Problem details:
Scan the entries for "Rattle". Every line that holds it is to be copied.

(Stored data)
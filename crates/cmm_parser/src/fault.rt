//! Why tokens are no unit.

ghost use Rattle.std.specs.Prelude.{◌≡◌};

use cmm_rules::Rule;
use std::alloc::{AllocError, AllocFailed};
use thiserror::Error;

/// Why a unit has no syntax tree.
#[derive(Debug, Drop, Error)]
pub enum SyntaxFault {
    /// It breaks this rule at this token, counted from 0: `Rule::Syntax` where no unit begins with the tokens up to and including
    /// this one, or, past the last, where the tokens are no whole unit; `Rule::TooDeep` where this token opens one bracket too many,
    /// or is one operator too many of an outermost expression.
    #[error("rule {rule} at token {token}")]
    At { rule: Rule, token: u32 },
    #[error("out of memory")]
    Memory,
}

/// Why a part is not parsed, at the token with this number.
#[derive(Drop)]
pub(crate) enum Stop {
    /// Nothing goes on with it.
    Unexpected(u32),
    /// It passes a limit on nesting.
    TooDeep(u32),
    Memory,
}

impl From<AllocError> for Stop {
    ghost use Rattle.cmm_parser.specs.declared.fault.Stop.{Stop};

    ghost from_gives = { λ _ stop. stop ≡ Stop.Memory };

    fn from(_: AllocError) -> Stop {
        Stop::Memory
    }
}

impl<T: Drop> From<AllocFailed<T>> for Stop {
    ghost use Rattle.cmm_parser.specs.declared.fault.Stop.{Stop};

    ghost from_gives = { λ _ stop. stop ≡ Stop.Memory };

    fn from(_: AllocFailed<T>) -> Stop {
        Stop::Memory
    }
}

impl From<Stop> for SyntaxFault {
    ghost use Rattle.cmm_parser.specs.inside.Parsing.{fault_of};

    ghost from_gives = { λ stop fault. fault ≡ fault_of stop };

    fn from(stop: Stop) -> SyntaxFault {
        match stop {
            Stop::Unexpected(token) => SyntaxFault::At {
                rule: Rule::Syntax,
                token,
            },
            Stop::TooDeep(token) => SyntaxFault::At {
                rule: Rule::TooDeep,
                token,
            },
            Stop::Memory => SyntaxFault::Memory,
        }
    }
}

impl From<AllocError> for SyntaxFault {
    ghost use Rattle.cmm_parser.specs.declared.fault.SyntaxFault.{SyntaxFault};

    ghost from_gives = { λ _ fault. fault ≡ SyntaxFault.Memory };

    fn from(_: AllocError) -> SyntaxFault {
        SyntaxFault::Memory
    }
}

Expected answer:
ghost use Rattle.std.specs.Prelude.{◌≡◌};
    ghost use Rattle.cmm_parser.specs.declared.fault.Stop.{Stop};
    ghost use Rattle.cmm_parser.specs.declared.fault.Stop.{Stop};
    ghost use Rattle.cmm_parser.specs.inside.Parsing.{fault_of};
    ghost use Rattle.cmm_parser.specs.declared.fault.SyntaxFault.{SyntaxFault};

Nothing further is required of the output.